__Activity__. Write out each entry once more so that it matches the original exactly.

__Dataset extract__.
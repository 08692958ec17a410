//! What is to blame in the fields of a prefix.

ghost use Rattle.std.specs.Prelude.{◌≡◌, ◌+◌, ◌<◌, ◌^◌, IfOk, filter, length};
ghost use Rattle.theory_syntax.specs.Value.{has_value};
ghost use Rattle.theory_faults.specs.Events.{bindings_behind, fields_culprit, own_field_culprit, prefix_culprit};
ghost use Rattle.csp_value.specs.Fields.{field_values, sets_of};
ghost use Rattle.csp_value.specs.Value.{values_of};
ghost use Rattle.csp_expression.specs.Bindings.{bindings_of};
ghost use Rattle.csp_expression.specs.Evaluation.{table_of};
ghost use Rattle.csp_term.specs.Field.{field_of, fields_of};
ghost use Rattle.csp_term.specs.Script.{script_of_parts};
ghost use Rattle.csp_faults.specs.Culprit.{Finds};
ghost use Rattle.csp_faults.specs.Fields.{culprit_behind, behind_of};

use crate::asked::{members, members_culprit};
use crate::culprit::{Culprit, Owner};
use crate::declared::channel_sets;
use crate::expressions::expression_culprit;
use crate::given::Place;
use csp_expression::{Binding, TypeTable};
use csp_term::{AllocHandle, ChannelId, Field, Memory, Name, ScriptParts, bind};
use csp_value::{FieldSet, Value, copy_values};

/// What stays the same while the fields of a prefix are gone through.
#[derive(Clone, Copy)]
struct Walk<'w, A: AllocHandle> {
    alloc: A,
    types: &'w TypeTable<A>,
    channel: ChannelId,
}

/// The name that an input binds, and the values that it takes, in order.
#[derive(Drop)]
struct Taken<A: AllocHandle> {
    name: Name,
    values: Vec<Value<A>, A>,
}

/// What is to blame in the fields of a closed prefix.
pub(crate) fn prefix_culprit<A: AllocHandle>(
    alloc: A,
    script: &ScriptParts<A>,
    channel: ChannelId,
    fields: &[Field<A>],
) -> Result<Option<Culprit<A>>, Memory>
    ensures { Finds result (prefix_culprit (script_of_parts script.now) channel.0
        (fields_of fields.now)) }
{
    match channel_sets(script, channel) {
        Some(sets) => {
            let types = &script.types;
            let walk = Walk {
                alloc,
                types,
                channel,
            };
            walk.fields_culprit(0, &[], fields, sets)
        }
        None => Ok(Some(Culprit::Misfit)),
    }
}

impl<'w, A: AllocHandle> Walk<'w, A> {
    /// What is to blame in the fields, before which so many stand, with the values of the inputs among those.
    #[cycle(fields)]
    fn fields_culprit<'v>(
        &self,
        before: usize,
        bindings: &[Binding<'v, A>],
        fields: &[Field<A>],
        sets: &[FieldSet<A>],
    ) -> Result<Option<Culprit<A>>, Memory>
        requires { before + length sets.now < 2 ^ 64 }
        ensures { Finds result (fields_culprit (table_of self.now.types.now) self.now.channel.0
            before (bindings_of bindings.now) (fields_of fields.now) (sets_of sets.now)) }
    {
        match (fields.split_first(), sets.split_first()) {
            (None, None) => Ok(None),
            (Some((field, fields)), Some((set, sets))) => {
                let found = self.own_culprit(before, bindings, field, set)?;
                if found.is_some() {
                    return Ok(found);
                }
                self.culprit_behind(before + 1, bindings, field, set, fields, sets)
            }
            _ => Ok(Some(Culprit::Misfit)),
        }
    }

    /// What is to blame in the fields behind the field, for one of its values.
    #[cycle(fields)]
    fn culprit_behind<'v>(
        &self,
        before: usize,
        bindings: &[Binding<'v, A>],
        field: &Field<A>,
        set: &FieldSet<A>,
        fields: &[Field<A>],
        sets: &[FieldSet<A>],
    ) -> Result<Option<Culprit<A>>, Memory>
        requires { before + length sets.now < 2 ^ 64 }
        ensures { Finds result (culprit_behind (table_of self.now.types.now) self.now.channel.0
            before (bindings_behind (table_of self.now.types.now) (bindings_of bindings.now)
            (field_of field.now) (field_values set.now)) (fields_of fields.now)
            (sets_of sets.now)) }
    {
        let taken = self.taken(bindings, field, set)?;
        let Some(taken) = taken else {
            return self.fields_culprit(before, bindings, fields, sets);
        };
        for value in &taken.values {
            let bound = bind(self.alloc, taken.name, value, &*bindings)?;
            let found = self.fields_culprit(before, &bound, fields, sets)?;
            if found.is_some() {
                return Ok(found);
            }
        }
        Ok(None)
    }

    /// What is to blame in the field itself.
    fn own_culprit(
        &self,
        before: usize,
        bindings: &[Binding<'_, A>],
        field: &Field<A>,
        set: &FieldSet<A>,
    ) -> Result<Option<Culprit<A>>, Memory>
        requires { before + 1 < 2 ^ 64 }
        ensures { Finds result (own_field_culprit (table_of self.now.types.now) self.now.channel.0
            before (bindings_of bindings.now) (field_of field.now) (field_values set.now)) }
    {
        match field {
            Field::Given(given) => {
                let given = given.put_in(self.alloc, bindings)?;
                let found = expression_culprit(self.alloc, self.types, &given)?;
                let owner = Owner::Channel(self.channel);
                let place = Place { owner, before, set };
                place.or_outside(self.alloc, self.types, &given, found)
            }
            Field::Input(_) => Ok(None),
            Field::InputFrom(_, from) => {
                let from = from.put_in(self.alloc, bindings)?;
                members_culprit(self.alloc, self.types, &from)
            }
        }
    }

    /// The values that the field takes, if it is an input.
    fn taken(
        &self,
        bindings: &[Binding<'_, A>],
        field: &Field<A>,
        set: &FieldSet<A>,
    ) -> Result<Option<Taken<A>>, Memory>
        ensures { IfOk result (λ taken. behind_of (bindings_of bindings.now) taken
            ≡ bindings_behind (table_of self.now.types.now) (bindings_of bindings.now)
            (field_of field.now) (field_values set.now)) }
    {
        match field {
            Field::Given(_) => Ok(None),
            Field::Input(name) => {
                let values = copy_values(self.alloc, set.members())?;
                Ok(Some(Taken {
                    name: *name,
                    values,
                }))
            }
            Field::InputFrom(name, from) => {
                let from = from.put_in(self.alloc, bindings)?;
                let values = members(self.alloc, self.types, &from)?;
                let values = within(self.alloc, set, &values)?;
                Ok(Some(Taken {
                    name: *name,
                    values,
                }))
            }
        }
    }
}

/// Copies of the values that lie in the field's set.
fn within<A: AllocHandle>(
    alloc: A,
    set: &FieldSet<A>,
    values: &[Value<A>],
) -> Result<Vec<Value<A>, A>, Memory>
    ensures { IfOk result (λ within. values_of within.items
        ≡ filter (λ v. has_value (field_values set.now) v) (values_of values.now)) }
{
    let mut within = Vec::new(alloc);
    for value in values {
        if set.contains(value) {
            within.push(value.try_copy(alloc)?)?;
        }
    }
    Ok(within)
}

__Solution for this problem__.
repository 08692958ec17a410
//! What is to blame in the fields of a prefix.

ghost use Rattle.std.specs.Prelude.{◌≡◌, ◌+◌, ◌<◌, ◌^◌, IfOk, filter, length};
ghost use Rattle.theory_syntax.specs.Value.{has_value};
ghost use Rattle.theory_faults.specs.Events.{bindings_behind, fields_culprit, own_field_culprit, prefix_culprit};
ghost use Rattle.csp_value.specs.Fields.{field_values, sets_of};
ghost use Rattle.csp_value.specs.Value.{values_of};
ghost use Rattle.csp_expression.specs.Bindings.{bindings_of};
ghost use Rattle.csp_expression.specs.Evaluation.{table_of};
ghost use Rattle.csp_term.specs.Field.{field_of, fields_of};
ghost use Rattle.csp_term.specs.Script.{script_of_parts};
ghost use Rattle.csp_faults.specs.Culprit.{Finds};
ghost use Rattle.csp_faults.specs.Fields.{culprit_behind, behind_of};

use crate::asked::{members, members_culprit};
use crate::culprit::{Culprit, Owner};
use crate::declared::channel_sets;
use crate::expressions::expression_culprit;
use crate::given::Place;
use csp_expression::{Binding, TypeTable};
use csp_term::{AllocHandle, ChannelId, Field, Memory, Name, ScriptParts, bind};
use csp_value::{FieldSet, Value, copy_values};

/// What stays the same while the fields of a prefix are gone through.
#[derive(Clone, Copy)]
struct Walk<'w, A: AllocHandle> {
    alloc: A,
    types: &'w TypeTable<A>,
    channel: ChannelId,
}

/// The name that an input binds, and the values that it takes, in order.
#[derive(Drop)]
struct Taken<A: AllocHandle> {
    name: Name,
    values: Vec<Value<A>, A>,
}

/// What is to blame in the fields of a closed prefix.
pub(crate) fn prefix_culprit<A: AllocHandle>(
    alloc: A,
    script: &ScriptParts<A>,
    channel: ChannelId,
    fields: &[Field<A>],
) -> Result<Option<Culprit<A>>, Memory>
    ensures { Finds result (prefix_culprit (script_of_parts script.now) channel.0
        (fields_of fields.now)) }
{
    match channel_sets(script, channel) {
        Some(sets) => {
            let types = &script.types;
            let walk = Walk {
                alloc,
                types,
                channel,
            };
            walk.fields_culprit(0, &[], fields, sets)
        }
        None => Ok(Some(Culprit::Misfit)),
    }
}

impl<'w, A: AllocHandle> Walk<'w, A> {
    /// What is to blame in the fields, before which so many stand, with the values of the inputs among those.
    #[cycle(fields)]
    fn fields_culprit<'v>(
        &self,
        before: usize,
        bindings: &[Binding<'v, A>],
        fields: &[Field<A>],
        sets: &[FieldSet<A>],
    ) -> Result<Option<Culprit<A>>, Memory>
        requires { before + length sets.now < 2 ^ 64 }
        ensures { Finds result (fields_culprit (table_of self.now.types.now) self.now.channel.0
            before (bindings_of bindings.now) (fields_of fields.now) (sets_of sets.now)) }
    {
        match (fields.split_first(), sets.split_first()) {
            (None, None) => Ok(None),
            (Some((field, fields)), Some((set, sets))) => {
                let found = self.own_culprit(before, bindings, field, set)?;
                if found.is_some() {
                    return Ok(found);
                }
                self.culprit_behind(before + 1, bindings, field, set, fields, sets)
            }
            _ => Ok(Some(Culprit::Misfit)),
        }
    }

    /// What is to blame in the fields behind the field, for one of its values.
    #[cycle(fields)]
    fn culprit_behind<'v>(
        &self,
        before: usize,
        bindings: &[Binding<'v, A>],
        field: &Field<A>,
        set: &FieldSet<A>,
        fields: &[Field<A>],
        sets: &[FieldSet<A>],
    ) -> Result<Option<Culprit<A>>, Memory>
        requires { before + length sets.now < 2 ^ 64 }
        ensures { Finds result (culprit_behind (table_of self.now.types.now) self.now.channel.0
            before (bindings_behind (table_of self.now.types.now) (bindings_of bindings.now)
            (field_of field.now) (field_values set.now)) (fields_of fields.now)
            (sets_of sets.now)) }
    {
        let taken = self.taken(bindings, field, set)?;
        let Some(taken) = taken else {
            return self.fields_culprit(before, bindings, fields, sets);
        };
        for value in &taken.values {
            let bound = bind(self.alloc, taken.name, value, &*bindings)?;
            let found = self.fields_culprit(before, &bound, fields, sets)?;
            if found.is_some() {
                return Ok(found);
            }
        }
        Ok(None)
    }

    /// What is to blame in the field itself.
    fn own_culprit(
        &self,
        before: usize,
        bindings: &[Binding<'_, A>],
        field: &Field<A>,
        set: &FieldSet<A>,
    ) -> Result<Option<Culprit<A>>, Memory>
        requires { before + 1 < 2 ^ 64 }
        ensures { Finds result (own_field_culprit (table_of self.now.types.now) self.now.channel.0
            before (bindings_of bindings.now) (field_of field.now) (field_values set.now)) }
    {
        match field {
            Field::Given(given) => {
                let given = given.put_in(self.alloc, bindings)?;
                let found = expression_culprit(self.alloc, self.types, &given)?;
                let owner = Owner::Channel(self.channel);
                let place = Place { owner, before, set };
                place.or_outside(self.alloc, self.types, &given, found)
            }
            Field::Input(_) => Ok(None),
            Field::InputFrom(_, from) => {
                let from = from.put_in(self.alloc, bindings)?;
                members_culprit(self.alloc, self.types, &from)
            }
        }
    }

    /// The values that the field takes, if it is an input.
    fn taken(
        &self,
        bindings: &[Binding<'_, A>],
        field: &Field<A>,
        set: &FieldSet<A>,
    ) -> Result<Option<Taken<A>>, Memory>
        ensures { IfOk result (λ taken. behind_of (bindings_of bindings.now) taken
            ≡ bindings_behind (table_of self.now.types.now) (bindings_of bindings.now)
            (field_of field.now) (field_values set.now)) }
    {
        match field {
            Field::Given(_) => Ok(None),
            Field::Input(name) => {
                let values = copy_values(self.alloc, set.members())?;
                Ok(Some(Taken {
                    name: *name,
                    values,
                }))
            }
            Field::InputFrom(name, from) => {
                let from = from.put_in(self.alloc, bindings)?;
                let values = members(self.alloc, self.types, &from)?;
                let values = within(self.alloc, set, &values)?;
                Ok(Some(Taken {
                    name: *name,
                    values,
                }))
            }
        }
    }
}

/// Copies of the values that lie in the field's set.
fn within<A: AllocHandle>(
    alloc: A,
    set: &FieldSet<A>,
    values: &[Value<A>],
) -> Result<Vec<Value<A>, A>, Memory>
    ensures { IfOk result (λ within. values_of within.items
        ≡ filter (λ v. has_value (field_values set.now) v) (values_of values.now)) }
{
    let mut within = Vec::new(alloc);
    for value in values {
        if set.contains(value) {
            within.push(value.try_copy(alloc)?)?;
        }
    }
    Ok(within)
}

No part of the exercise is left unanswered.